The Rundown: Slow Weekend, Forget About Cain and Cobb, MLB Social Media Hijinx, Lackey a Yankees Option?

How was your weekend? Mine was relaxing, thanks for asking. My New Year’s resolution (one week late) is to keep this column under 1000 words. Here goes…

I had intended to write about the ridiculousness of the Lorenzo Cain rumors, but Evan has it covered here and here, so with nothing much else to report I’ll focus on starting pitching.

The Cubs need a starting pitcher and the three obvious choices are Yu Darvish, Jake Arrieta, and Alex Cobb. According to Dan Clark on Twitter, Cobb’s agent is waiting for the other two to sign. That makes sense, because when you go from being the third choice to the only choice, you tend to have a little bit more negotiating leverage. I’m not sure I’d want to engage in that game of chicken, but, as my step-daughter says “You gotta do what you gotta do.” whatever that means.

The potential signing of Cobb by the Cubs gives me every bit of the warm fuzzies that the Edwin Jackson deal did in 2013. Not interested.

Frankly, I’m done with Cobb and his agent. In reading the broad-strokes of their initial negotiations with the Cubs, neither seems to be much sharper than the shape of their heads. In a nutshell, Chicago offered a contract similar to the one Tyler Chatwood signed; Cobb very nearly accepted; his agent had an epiphany that they might get more; and, he told Theo Epstein he’d get back to him.

If the Cubs offered $42 million and Team Cobb expects $70 million, I’d say thanks but no thanks and good luck. If some team wants to give him four years at $17.5 million AAV, bless their souls. Cobb would have earned $17.4 million this season had he accepted the Rays’ qualifying offer. All things considered, the Cubs’ offer wasn’t really that bad.

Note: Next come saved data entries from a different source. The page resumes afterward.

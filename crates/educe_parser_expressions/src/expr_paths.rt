//! Paths in expressions (Rust Reference, Paths in expressions).
ghost use Rattle.std.specs.Prelude.{◌≡◌};
ghost use Rattle.educe_grammar.specs.Expressions as spec;
ghost use Rattle.educe_grammar.specs.NotedReads.{read};
ghost use Rattle.educe_grammar.specs.Rules as rule;
ghost use Rattle.educe_grammar.specs.Steps.{Gives};
ghost use Rattle.educe_grammar.specs.Combining.{colons, optional, skipping};
ghost use Rattle.educe_grammar.specs.Types.{angle_args, has_no_args};
ghost use Rattle.educe_tree.specs.declared.path.Segment.{out-Segment};

use crate::lookahead::at_turbofish;
use educe_grammar::{Inside, ParseError, ParseStream, Parts, Production, path, written};
use educe_parser_paths::{
    angle_args, is_scope, qualified_path, qualified_self, segment_name, skip_colons,
};
use educe_tokens::{pair, terminated};
use educe_tree::{AngleArgs, Args, ExprPath, Path, Segment, Segments, Ty};

/// A path, and the type that it stands behind, where there is one.
type TypedPath = (Option<Ty>, Path);

/// Whether the segment has no arguments.
fn has_no_args(segment: &Segment) -> bool
    ensures { result ≡ has_no_args (out-Segment segment.now).args }
{
    matches!(segment.args, Args::None)
}

/// Whether no segment has arguments.
fn no_segment_args(segments: &[Segment]) -> bool
    ensures { result ≡ spec.no_segment_args segments.now }
{
    segments.iter().all(|segment| has_no_args(segment))
}

/// Whether the path may name a macro: it has no arguments and is not qualified (Rust Reference,
/// Simple paths).
pub fn is_mod_path(path: &ExprPath) -> bool
    ensures { result ≡ spec.is_mod_path path.now }
{
    path.self_type.is_none() && no_segment_args(path.path.segments.as_slice())
}

/// The arguments of a segment, which stand behind `::` (Rust Reference, Paths in expressions).
#[tactic(auto, unfolding(educe_grammar::proofs::Opened::rules))]
fn turbofish<R: Inside>(
    parts: &Parts<R>,
    input: &mut ParseStream<'_>,
    budget: u8,
) -> Result<Option<AngleArgs>, ParseError>
    requires { R.nests parts.now.inside budget }
    ensures { Gives (read budget (optional spec.at_turbofish (skipping colons angle_args)) input.old) result input.new }
{
    if !at_turbofish(&input.cursor) {
        return Ok(None);
    }
    input.cursor.skip_pair(':', ':')?;
    Ok(Some(angle_args(parts, input, budget)?))
}

/// A segment, with its arguments (Rust Reference, Paths in expressions).
struct ExprSegment;

impl<R: Inside> Production<Parts<R>> for ExprSegment {
    type Tree = Segment;

    ghost ready = { λ parts budget. R.nests parts.inside budget };

    ghost reads = { λ budget. read budget spec.expr_segment };

    #[tactic(auto, unfolding(educe_grammar::proofs::Opened::rules, educe_grammar::specs::Expressions::expr_segment))]
    fn parse(
        parts: &Parts<R>,
        input: &mut ParseStream<'_>,
        budget: u8,
    ) -> Result<Segment, ParseError> {
        let ident = segment_name(parts.alloc, input)?;
        let (ident, found) = pair(ident, turbofish(parts, input, budget))?;
        let args = match found {
            None => Args::None,
            Some(found) => Args::Angle(found),
        };
        Ok(Segment { ident, args })
    }
}

/// The segments of a path (Rust Reference, Paths in expressions).
#[tactic(auto, unfolding(educe_grammar::proofs::Opened::rules))]
fn expr_segments<R: Inside>(
    parts: &Parts<R>,
    input: &mut ParseStream<'_>,
    budget: u8,
) -> Result<Segments, ParseError>
    requires { R.nests parts.now.inside budget }
    ensures { Gives (read budget (rule.path spec.expr_segment) input.old) result input.new }
{
    path::<Parts<R>, ExprSegment>(parts, input, budget)
}

/// A path behind its type, as in `<T as A>::b` (Rust Reference, Qualified paths).
#[tactic(auto, unfolding(educe_grammar::proofs::Opened::rules, educe_grammar::specs::Expressions::qualified_expr_path))]
fn qualified_expr_path<R: Inside>(
    parts: &Parts<R>,
    input: &mut ParseStream<'_>,
    budget: u8,
) -> Result<TypedPath, ParseError>
    requires { R.nests parts.now.inside budget }
    ensures { Gives (read budget spec.qualified_expr_path input.old) result input.new }
{
    let found = qualified_self(parts, input, budget)?;
    let found = terminated(found, input.cursor.skip_pair(':', ':'))?;
    let ((self_type, self_trait), segments) = pair(found, expr_segments(parts, input, budget))?;
    Ok(pair(Some(self_type), qualified_path(self_trait, segments))?)
}

/// A path with no type before it (Rust Reference, Paths in expressions).
#[tactic(auto, unfolding(educe_grammar::proofs::Opened::rules, educe_grammar::specs::Expressions::local_expr_path))]
fn local_expr_path<R: Inside>(
    parts: &Parts<R>,
    input: &mut ParseStream<'_>,
    budget: u8,
) -> Result<TypedPath, ParseError>
    requires { R.nests parts.now.inside budget }
    ensures { Gives (read budget spec.local_expr_path input.old) result input.new }
{
    let leading = skip_colons(input);
    let segments = expr_segments(parts, input, budget)?;
    let path = Path { leading, segments };
    if is_scope(&path) {
        return Err(input.cursor.refuse());
    }
    Ok((None, path))
}

/// A path with or without its type (Rust Reference, Path expressions).
struct AnyExprPath;

impl<R: Inside> Production<Parts<R>> for AnyExprPath {
    type Tree = TypedPath;

    ghost ready = { λ parts budget. R.nests parts.inside budget };

    ghost reads = { λ budget. read budget spec.any_expr_path };

    #[tactic(auto, unfolding(educe_grammar::proofs::Opened::rules, educe_grammar::specs::Expressions::any_expr_path))]
    fn parse(
        parts: &Parts<R>,
        input: &mut ParseStream<'_>,
        budget: u8,
    ) -> Result<TypedPath, ParseError> {
        if input.cursor.begins_lone('<', '=') {
            return qualified_expr_path(parts, input, budget);
        }
        local_expr_path(parts, input, budget)
    }
}

/// A path in an expression, with its tokens (Rust Reference, Path expressions).
#[tactic(auto, using(educe_grammar::proofs::Copied::any_expr_path_copied), unfolding(educe_grammar::proofs::Opened::rules, educe_grammar::specs::Expressions::expr_path))]
pub fn expr_path<R: Inside>(
    parts: &Parts<R>,
    input: &mut ParseStream<'_>,
    budget: u8,
) -> Result<ExprPath, ParseError>
    requires { R.nests parts.now.inside budget }
    ensures { Gives (read budget spec.expr_path input.old) result input.new }
{
    let ((self_type, path), written) = written::<Parts<R>, AnyExprPath>(parts, input, budget)?;
    Ok(ExprPath {
        self_type,
        path,
        written,
    })
}
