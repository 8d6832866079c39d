//! What follows a path in an expression: the fields of a struct, or the input of a macro call (Rust
//! Reference, Struct expressions; Macro invocation).
ghost use Rattle.std.specs.Prelude.{◌≡◌, ◌+◌};
ghost use Rattle.educe_grammar.specs.Expressions as spec;
ghost use Rattle.educe_grammar.specs.NotedReads.{read};
ghost use Rattle.educe_grammar.specs.Steps.{Gives};

use crate::expr_paths::is_mod_path;
use crate::lookahead::{BehindFields, at_value};
use educe_grammar::{
    Cursor, Inside, ParseError, ParseStream, Parts, Production, Tail, Terminal, list, nested,
};
use educe_parser_paths::group;
use educe_tokens::{Bracket, TokenSlice, unit};
use educe_tree::{ExprForm, ExprPath};
use std::alloc::Global;

/// Whether the tail may follow the path: the path of a macro has no arguments (Rust Reference,
/// Macro invocation).
pub fn fits_tail(path: &ExprPath, tail: Tail) -> bool
    ensures { result ≡ spec.fits_tail (path.now, tail) }
{
    match tail {
        Tail::Nothing | Tail::Fields => true,
        Tail::Call => is_mod_path(path),
    }
}

/// The form of an expression that is a path with this tail.
pub fn tail_form(tail: Tail) -> ExprForm
    ensures { result ≡ spec.tail_form tail }
{
    match tail {
        Tail::Nothing => ExprForm::Path,
        Tail::Fields | Tail::Call => ExprForm::Other,
    }
}

/// Whether each `self` is followed by `::`.
#[tactic(auto, unfolding(educe_grammar::specs::Expressions::self_begins_paths))]
fn self_begins_paths(group: &TokenSlice) -> bool
    ensures { result ≡ spec.self_begins_paths group.now }
{
    let cursor = Cursor::new(group);
    let tokens = group.as_slice();
    for index in 0..tokens.len() {
        let is_self = tokens[index].spelling.spells("self");
        if is_self && !cursor.behind(index + 1).begins_pair(':', ':') {
            return false;
        }
    }
    true
}

/// Parses the input of a macro call (Rust Reference, Macro invocation).
#[tactic(auto, unfolding(educe_grammar::proofs::Opened::rules, educe_grammar::specs::Expressions::macro_group))]
fn macro_group(alloc: Global, input: &mut ParseStream<'_>, budget: u8) -> Result<(), ParseError>
    ensures { Gives (read budget spec.macro_group input.old) result input.new }
{
    let start = input.cursor.mark();
    group(alloc, input, budget)?;
    let tokens = input.cursor.since(&start)?;
    if !self_begins_paths(&tokens) {
        return Err(input.cursor.refuse());
    }
    Ok(())
}

/// The value of a field, or its name alone (Rust Reference, Field struct expression).
struct FieldInit;

impl<R: Inside> Production<Parts<R>> for FieldInit {
    type Tree = ();

    ghost ready = { λ parts budget. R.nests parts.inside (budget + 1) };

    ghost reads = { λ budget. read budget spec.init };

    #[tactic(auto, unfolding(educe_grammar::proofs::Opened::rules, educe_grammar::specs::Expressions::init))]
    fn parse(parts: &Parts<R>, input: &mut ParseStream<'_>, budget: u8) -> Result<(), ParseError> {
        if !at_value(&input.cursor) {
            return unit(input.cursor.expect(Terminal::Name));
        }
        input.cursor.expect(Terminal::NameOrIndex)?;
        input.cursor.skip_lone(':', ':')?;
        unit(parts.expr(input, budget))
    }
}

/// The fields of a struct, and what the others are taken from (Rust Reference, Functional update
/// syntax).
struct FieldInits;

impl<R: Inside> Production<Parts<R>> for FieldInits {
    type Tree = ();

    ghost ready = { λ parts budget. R.nests parts.inside (budget + 1) };

    ghost reads = { λ budget. read budget spec.inits };

    #[tactic(auto, unfolding(educe_grammar::proofs::Opened::rules, educe_grammar::specs::Expressions::inits))]
    fn parse(parts: &Parts<R>, input: &mut ParseStream<'_>, budget: u8) -> Result<(), ParseError> {
        let comma = Terminal::Sign(',');
        unit(list::<Parts<R>, FieldInit, BehindFields>(parts, input, budget, comma))?;
        if !input.cursor.eat_pair('.', '.') {
            return Ok(());
        }
        unit(parts.expr(input, budget))
    }
}

/// Nothing, the fields of a struct, or the call of a macro (Rust Reference, Struct expressions;
/// Macro invocation).
#[tactic(auto, unfolding(educe_grammar::proofs::Opened::rules, educe_grammar::specs::Expressions::path_tail))]
pub fn path_tail<R: Inside>(
    parts: &Parts<R>,
    input: &mut ParseStream<'_>,
    budget: u8,
) -> Result<Tail, ParseError>
    requires { R.nests parts.now.inside budget }
    ensures { Gives (read budget spec.path_tail input.old) result input.new }
{
    if input.cursor.opens(Bracket::Curly) {
        nested::<Parts<R>, FieldInits>(parts, input, budget, Bracket::Curly)?;
        return Ok(Tail::Fields);
    }
    if !input.cursor.eat_lone('!', '=') {
        return Ok(Tail::Nothing);
    }
    macro_group(parts.alloc, input, budget)?;
    Ok(Tail::Call)
}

And maybe that’s what we are missing in this barren offseason. What exactly are these players worth? Obviously the disconnect between player agents and front office personnel is very telling and the market is stagnant because player values are overinflated. Someone will cave, but nobody is in a hurry to do so. My guess is the Washington Nationals will fall first. Scott Boras generally owns Mike Rizzo so let’s just wait for him to pull his very nervous trigger finger on Arrieta and Greg Holland and throw away any chance he has to re-sign Bryce Harper next season.

And what’s with all the three-year deals? Giving credit where credit is due, I think front offices have finally decided that the backsides of long-term deals just aren’t worth hamstringing their clubs’ futures. We need look no further than the contracts signed by Jacoby Ellsbury, Prince Fielder, and Albert Pujols mid-decade for proof. In fact, the Rangers would still be be paying Fielder $24 million per year through 2020 if he hadn’t agreed to a buyout. He last played in July of 2016. Caveat emptor.

Spring training starts in 37 days. Opening Day is 80 days away. I can guarantee two things will have happened well before March 28th: The Cubs will have a new member of their starting rotation and Cain will not be their leadoff hitter.

Cubs News & Notes

Nothing significant over the weekend except for a lot of non-verifiable stuff from the endless stream of Cubs bloggers, a couple of whom in my Twitter baseball feed really need to exhale a little. Defending a non-rumor to the death is a very unappealing look. You guys know who you are.

Using the potential Cobb signing as an example, even at $14 million per season I’m not sure the right-hander would be worth the acquisition cost, but I am not going to go toe-to-toe with a complete stranger to prove my point. We’re very quick to jump to conclusions about whether something is going to be good or bad. The reality is that most things really aren’t either. We’ll see.

Weekend Stove

If the Phillies really do want to move 3B Maikel Franco, this story about partying until 6am on gameday won’t help. Yeah, that’s clickbait. It was a Winter League game in the Dominican Republic. Those all-inclusive Punta Cana resorts are tough to say goodnight to. Been there, done that.

The Blue Jays acquired Yanegrvis Solarte from the Padres for a couple of minor leaguers.

Fallback free-agent starting pitching options for the Yankees include John Lackey. Not clickbait. Okay, maybe just a little.

The Yankees may look to trade David Robertson to create some financial wiggle room for other moves and stay south of the competitive balance tax threshold.

The Mets’ reported interest in Pirates OF Andrew McCutchen may have been a conduit to acquire Josh Harrison without giving up prospects.

The Twins are interested in Chris Tillman.

I found this interesting: The Rockies have committed $106M to the back end of their bullpen and now project to be seven wins worse than they were last season.

Big, if true: In case you missed it, there was an epic twitter chain on Friday from the very bored social media managers of most MLB franchises.

Monday Walk Up Song

Words by Missing Persons. Got this one done in 851 words.